PostPosted: Wed Jun 06, 2018 1:35 am    Post subject: Reply with quote

Quote:
The fact that we use completely different values while games run fine is proof that they are at least unimportant. In regs.txt you do not mention that the byte at offset 0x10 is being used.


Yeah, it's probably not important. I noticed that Super Metroid ends up with the value 0x20 at 0x11, which might just be the ROM size in megabits (0x18) rounded up to the next power of two.

Here are my results (for 0x13-15) for most of the games you listed. These were obtained by loading headerless copies of the ROMs from a SD card, then immediately saving them back with whatever default header settings were applied by the firmware.

Link to the Past: 0x15, 0x28, 0x22
Super Tetris 2 + Bombliss Gentaiban: 0x15, 0x28, 0x11
Tin Star: 0x55, 0x20, 0x11
Super Mario All-Stars: 0x55, 0x20, 0x22
Uniracers: 0x55, 0x20, 0x22
Super Metroid: 0x55, 0x00, 0x62

This mostly all agrees with my docs (note that the upper two bits of 0x15 are based on ROM size, not SRAM size).

The firmware seems to use 0x2x for byte 0x15 when there's at least 8kb of SRAM, rather than over 32kb. This shouldn't matter for most games, but doing it this way may trigger copy protection in some games that try to detect improper SRAM mapping. (Also, the firmware seems to put the same digit in both the high and low nibble of 0x15, but the low nibble doesn't actually do anything, as far as I'm aware. e.g. the values 0x20 and 0x22 should both do the same thing)
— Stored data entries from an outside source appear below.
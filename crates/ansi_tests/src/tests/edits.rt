//! Edits of a text, one after the other.
use super::expect_found;
use ansi_str::{Edit, edit};
use std::test::Fail;

const BOLD: &str = "\x1b[1mab\x1b[0m";

const SPACED: &str = " \x1b[1ma b\x1b[0m ";

const BLACK: &str = "\x1b[30mTEXT\x1b[39m";

const RED: &str = "\x1b[31mab\x1b[0mc";

const PARTED: &str = "\x1b[31ma,\x1b[1mb\x1b[0m,c";

// A text, edits, and what they leave, or none where one fails.
const EDITS: &[(&str, &[Edit<'static>], Option<&str>)] = &[
    (
        BOLD,
        &[Edit::Right(1), Edit::Prefix("b")],
        Some("\x1b[1m\x1b[0m"),
    ),
    (BOLD, &[Edit::Prefix("x")], None),
    // without an edit the text stays as it came
    ("\x1b[31mab", &[], Some("\x1b[31mab")),
    ("", &[], Some("")),
    // each edit is of what the one before it left
    (
        SPACED,
        &[Edit::Trim, Edit::Prefix("a"), Edit::Suffix("b")],
        Some("\x1b[1m \x1b[0m"),
    ),
    (SPACED, &[Edit::Prefix("a"), Edit::Trim], None),
    // nothing comes after an edit that fails
    (BOLD, &[Edit::Left(1), Edit::Prefix("b"), Edit::Trim], None),
    (BOLD, &[Edit::Prefix("a"), Edit::Prefix("a")], None),
    // cuts; past the end is the end
    (
        BLACK,
        &[Edit::Cut { start: 1, end: 3 }],
        Some("\x1b[30mEX\x1b[39m"),
    ),
    (BLACK, &[Edit::Cut { start: 2, end: 1 }], None),
    (
        BLACK,
        &[Edit::Cut {
            start: 0,
            end: usize::MAX,
        }],
        Some(BLACK),
    ),
    (
        BLACK,
        &[Edit::Cut { start: 8, end: 9 }],
        Some("\x1b[30m\x1b[39m"),
    ),
    (BLACK, &[Edit::Cut { start: 9, end: 8 }], None),
    // inside a character
    ("\x1b[1mé", &[Edit::Cut { start: 0, end: 1 }], None),
    ("\x1b[1mé", &[Edit::Cut { start: 1, end: 2 }], None),
    // sides
    (BOLD, &[Edit::Left(1)], Some("\x1b[1ma\x1b[22m")),
    (BOLD, &[Edit::Right(1)], Some("\x1b[1mb\x1b[0m")),
    (BOLD, &[Edit::Left(0)], Some("\x1b[1m\x1b[22m")),
    (BOLD, &[Edit::Right(0)], Some(BOLD)),
    // past the end is the end
    (BOLD, &[Edit::Left(usize::MAX)], Some(BOLD)),
    (BOLD, &[Edit::Right(3)], Some("")),
    ("\x1b[1mab", &[Edit::Right(3)], Some("\x1b[1m\x1b[22m")),
    // inside a character
    ("\x1b[1mé", &[Edit::Left(1)], None),
    ("\x1b[1mé", &[Edit::Right(1)], None),
    // parts
    (
        PARTED,
        &[Edit::Part {
            pattern: ",",
            index: 0,
        }],
        Some("\x1b[31ma\x1b[39m"),
    ),
    (
        PARTED,
        &[Edit::Part {
            pattern: ",",
            index: 1,
        }],
        Some("\x1b[31m\x1b[1mb\x1b[0m"),
    ),
    (
        PARTED,
        &[Edit::Part {
            pattern: ",",
            index: 2,
        }],
        Some("c"),
    ),
    (
        PARTED,
        &[Edit::Part {
            pattern: ",",
            index: 3,
        }],
        None,
    ),
    (
        PARTED,
        &[Edit::Part {
            pattern: ",",
            index: 4,
        }],
        None,
    ),
    (
        PARTED,
        &[Edit::Part {
            pattern: ",",
            index: usize::MAX,
        }],
        None,
    ),
    (
        "",
        &[Edit::Part {
            pattern: ",",
            index: 0,
        }],
        Some(""),
    ),
    (
        PARTED,
        &[Edit::Part {
            pattern: "",
            index: 0,
        }],
        Some("\x1b[31m\x1b[39m"),
    ),
    // prefixes, suffixes and trims
    (RED, &[Edit::Prefix("a")], Some("\x1b[31mb\x1b[0mc")),
    (RED, &[Edit::Prefix("b")], None),
    (RED, &[Edit::Suffix("bc")], Some("\x1b[31ma\x1b[0m")),
    (RED, &[Edit::Suffix("x")], None),
    (" \x1b[1m a ", &[Edit::Trim], Some("\x1b[1ma")),
    ("\x1b[1m ", &[Edit::Trim], Some("\x1b[1m")),
];

#[test]
fn edits_in_turn(rt: HostRuntime) -> Result<(), Fail> {
    for (text, edits, wanted) in EDITS {
        expect_found(&rt, edit(rt.alloc(), text, edits)?, *wanted, text);
    }
    Ok(())
}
Running Star Fox (or any other SuperFX game) on the Super UFO doesn't even work unless you have a real cartridge copy of exactly the same version of the same game attached, because it's not physically possible for the chip to interface with anything other than the actual cartridge that it's on. I wouldn't worry about generating correct headers for these.

dbjh wrote:
Have you found that link again?


Check the bottom of the CH372 page here. CH372EVT.ZIP has the header files and some example code and CH372DRV.EXE is the installers for the drivers and the API DLL.